EXERCISE DETAILS: Every entry is to be set down a second time, precisely as written.
** SUPPLIED DATA follows **
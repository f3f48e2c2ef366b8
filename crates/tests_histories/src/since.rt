//! What a bucket has since a time, in portions.
use std::process::Abort;
use test_kit::{SeenAt, are_equal, bucket, history_of, page_on, seen};
use warm_history::{Entry, History};
use warm_stamps::{BUCKETS, PageId, Reference};

// The page 0:2 is of bucket 2, and all others of bucket 1. The page 0:1 has two stamps.
const SEEN: [SeenAt; 9] = [
    (0, 1, 2, 1),
    (0, 1, 9, 1),
    (0, 65, 4, 1),
    (0, 129, 12, 2),
    (1, 0, 5, 1),
    (64, 1, 4, 1),
    (64, 65, 30, 1),
    (65_535, 2, 5, 1),
    (0, 2, 40, 1),
];

// A test case: a time, a page, the number of entries requested after it, the pages that come, and
// whether more follow.
type Row = (u64, Option<(u16, u64)>, usize, &'static [(u16, u64)], bool);

const ROWS: [Row; 14] = [
    (
        0,
        None,
        7,
        &[
            (0, 1),
            (0, 65),
            (0, 129),
            (1, 0),
            (64, 1),
            (64, 65),
            (65_535, 2),
        ],
        false,
    ),
    (3, None, 2, &[(0, 1), (0, 65)], true),
    (
        5,
        None,
        usize::MAX,
        &[(0, 1), (0, 129), (1, 0), (64, 65), (65_535, 2)],
        false,
    ),
    (5, None, 2, &[(0, 1), (0, 129)], true),
    (5, Some((0, 129)), 2, &[(1, 0), (64, 65)], true),
    (5, Some((64, 65)), 2, &[(65_535, 2)], false),
    (5, Some((65_535, 2)), 2, &[], false),
    // The page may be of another bucket, or have no entry.
    (5, Some((0, 2)), 1, &[(0, 129)], true),
    (5, Some((63, 7)), 9, &[(64, 65), (65_535, 2)], false),
    // The time itself is since the time, and the next is past all of them.
    (30, None, 1, &[(64, 65)], false),
    (31, None, 9, &[], false),
    (18_446_744_073_709_551_615, None, 9, &[], false),
    // None is asked for.
    (5, None, 0, &[], true),
    (31, None, 0, &[], false),
];

// Whether these are the history's entries of these pages, with all their stamps.
fn are_of(history: &History, entries: &[Entry], pages: &[(u16, u64)]) -> bool {
    for (place, (dev, no)) in pages.iter().enumerate() {
        let Some(known) = entries.get(place) else {
            return false;
        };
        if known.page != page_on(*dev, *no) || history.get(known.page) != Some(known.hist) {
            return false;
        }
    }
    entries.len() == pages.len()
}

fn page_of(after: Option<(u16, u64)>) -> Option<PageId> {
    match after {
        Some((dev, no)) => Some(page_on(dev, no)),
        None => None,
    }
}

fn gives(rt: &impl Abort, history: &History, row: Row) -> bool {
    let (since, after, limit, pages, more) = row;
    let portion = history
        .entries_since(bucket(1), since, page_of(after), limit)
        .expect(rt, "memory for entries");
    portion.more == more && are_of(history, &portion.entries, pages)
}

#[test]
fn gives_what_a_bucket_has_since_a_time(rt: HostRuntime) {
    let history = history_of(rt.alloc(), &SEEN).expect(&rt, "memory for a history");
    for row in ROWS {
        assert!(rt; gives(&rt, &history, row));
    }
}

// Absorbs references to the first pages of device 0, as many as this, the first at this time and
// each next one later.
fn see(rt: &impl Abort, history: &mut History, pages: u64, time: u64) {
    for no in 0..pages {
        let one: [Reference; 1] = [seen(page_on(0, no), time.saturating_add(no), 1)];
        history.absorb(&one).expect(rt, "memory for a reference");
    }
}

// The receiver takes in what a bucket of the sender has since a time, in portions of 30. Returns
// the number of portions.
fn take_bucket(
    rt: &impl Abort,
    sender: &History,
    receiver: &mut History,
    number: u8,
    since: u64,
) -> usize {
    let mut after: Option<PageId> = None;
    for at in 1..100usize {
        let portion = sender
            .entries_since(bucket(number), since, after, 30)
            .expect(rt, "memory for entries");
        receiver
            .join_entries(sender.horizon(), &portion.entries)
            .expect(rt, "memory for entries");
        if !portion.more {
            return at;
        }
        after = portion.entries.last().map(|known| known.page);
    }
    0
}

// A receiver that has all from before a time, and takes in what every bucket of the sender has
// since then, has all that the sender has. Since 13,600 the pages from 0:3,600 on were referenced:
// 43 or 44 of each bucket, so two portions.
#[test]
fn who_has_all_from_before_then_has_all(rt: HostRuntime) {
    let mut sender = History::new(rt.alloc());
    see(&rt, &mut sender, 6_400, 0);
    let mut receiver = sender.copy().expect(&rt, "memory for a copy");
    see(&rt, &mut sender, 6_400, 10_000);
    see(&rt, &mut receiver, 3_600, 10_000);
    let mut portions = 0usize;
    for number in 0..BUCKETS {
        portions = portions.saturating_add(take_bucket(
            &rt,
            &sender,
            &mut receiver,
            number,
            13_600,
        ));
    }
    assert!(rt; portions == 128);
    assert!(rt; receiver.len() == 6_400);
    assert!(rt; are_equal(&receiver, &sender));
}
** End of SUPPLIED DATA **
RESULT BELOW:
repository f3f48e2c2ef366b8
filename crates/tests_histories/src/since.rt
//! What a bucket has since a time, in portions.
use std::process::Abort;
use test_kit::{SeenAt, are_equal, bucket, history_of, page_on, seen};
use warm_history::{Entry, History};
use warm_stamps::{BUCKETS, PageId, Reference};

// The page 0:2 is of bucket 2, and all others of bucket 1. The page 0:1 has two stamps.
const SEEN: [SeenAt; 9] = [
    (0, 1, 2, 1),
    (0, 1, 9, 1),
    (0, 65, 4, 1),
    (0, 129, 12, 2),
    (1, 0, 5, 1),
    (64, 1, 4, 1),
    (64, 65, 30, 1),
    (65_535, 2, 5, 1),
    (0, 2, 40, 1),
];

// A test case: a time, a page, the number of entries requested after it, the pages that come, and
// whether more follow.
type Row = (u64, Option<(u16, u64)>, usize, &'static [(u16, u64)], bool);

const ROWS: [Row; 14] = [
    (
        0,
        None,
        7,
        &[
            (0, 1),
            (0, 65),
            (0, 129),
            (1, 0),
            (64, 1),
            (64, 65),
            (65_535, 2),
        ],
        false,
    ),
    (3, None, 2, &[(0, 1), (0, 65)], true),
    (
        5,
        None,
        usize::MAX,
        &[(0, 1), (0, 129), (1, 0), (64, 65), (65_535, 2)],
        false,
    ),
    (5, None, 2, &[(0, 1), (0, 129)], true),
    (5, Some((0, 129)), 2, &[(1, 0), (64, 65)], true),
    (5, Some((64, 65)), 2, &[(65_535, 2)], false),
    (5, Some((65_535, 2)), 2, &[], false),
    // The page may be of another bucket, or have no entry.
    (5, Some((0, 2)), 1, &[(0, 129)], true),
    (5, Some((63, 7)), 9, &[(64, 65), (65_535, 2)], false),
    // The time itself is since the time, and the next is past all of them.
    (30, None, 1, &[(64, 65)], false),
    (31, None, 9, &[], false),
    (18_446_744_073_709_551_615, None, 9, &[], false),
    // None is asked for.
    (5, None, 0, &[], true),
    (31, None, 0, &[], false),
];

// Whether these are the history's entries of these pages, with all their stamps.
fn are_of(history: &History, entries: &[Entry], pages: &[(u16, u64)]) -> bool {
    for (place, (dev, no)) in pages.iter().enumerate() {
        let Some(known) = entries.get(place) else {
            return false;
        };
        if known.page != page_on(*dev, *no) || history.get(known.page) != Some(known.hist) {
            return false;
        }
    }
    entries.len() == pages.len()
}

fn page_of(after: Option<(u16, u64)>) -> Option<PageId> {
    match after {
        Some((dev, no)) => Some(page_on(dev, no)),
        None => None,
    }
}

fn gives(rt: &impl Abort, history: &History, row: Row) -> bool {
    let (since, after, limit, pages, more) = row;
    let portion = history
        .entries_since(bucket(1), since, page_of(after), limit)
        .expect(rt, "memory for entries");
    portion.more == more && are_of(history, &portion.entries, pages)
}

#[test]
fn gives_what_a_bucket_has_since_a_time(rt: HostRuntime) {
    let history = history_of(rt.alloc(), &SEEN).expect(&rt, "memory for a history");
    for row in ROWS {
        assert!(rt; gives(&rt, &history, row));
    }
}

// Absorbs references to the first pages of device 0, as many as this, the first at this time and
// each next one later.
fn see(rt: &impl Abort, history: &mut History, pages: u64, time: u64) {
    for no in 0..pages {
        let one: [Reference; 1] = [seen(page_on(0, no), time.saturating_add(no), 1)];
        history.absorb(&one).expect(rt, "memory for a reference");
    }
}

// The receiver takes in what a bucket of the sender has since a time, in portions of 30. Returns
// the number of portions.
fn take_bucket(
    rt: &impl Abort,
    sender: &History,
    receiver: &mut History,
    number: u8,
    since: u64,
) -> usize {
    let mut after: Option<PageId> = None;
    for at in 1..100usize {
        let portion = sender
            .entries_since(bucket(number), since, after, 30)
            .expect(rt, "memory for entries");
        receiver
            .join_entries(sender.horizon(), &portion.entries)
            .expect(rt, "memory for entries");
        if !portion.more {
            return at;
        }
        after = portion.entries.last().map(|known| known.page);
    }
    0
}

// A receiver that has all from before a time, and takes in what every bucket of the sender has
// since then, has all that the sender has. Since 13,600 the pages from 0:3,600 on were referenced:
// 43 or 44 of each bucket, so two portions.
#[test]
fn who_has_all_from_before_then_has_all(rt: HostRuntime) {
    let mut sender = History::new(rt.alloc());
    see(&rt, &mut sender, 6_400, 0);
    let mut receiver = sender.copy().expect(&rt, "memory for a copy");
    see(&rt, &mut sender, 6_400, 10_000);
    see(&rt, &mut receiver, 3_600, 10_000);
    let mut portions = 0usize;
    for number in 0..BUCKETS {
        portions = portions.saturating_add(take_bucket(
            &rt,
            &sender,
            &mut receiver,
            number,
            13_600,
        ));
    }
    assert!(rt; portions == 128);
    assert!(rt; receiver.len() == 6_400);
    assert!(rt; are_equal(&receiver, &sender));
}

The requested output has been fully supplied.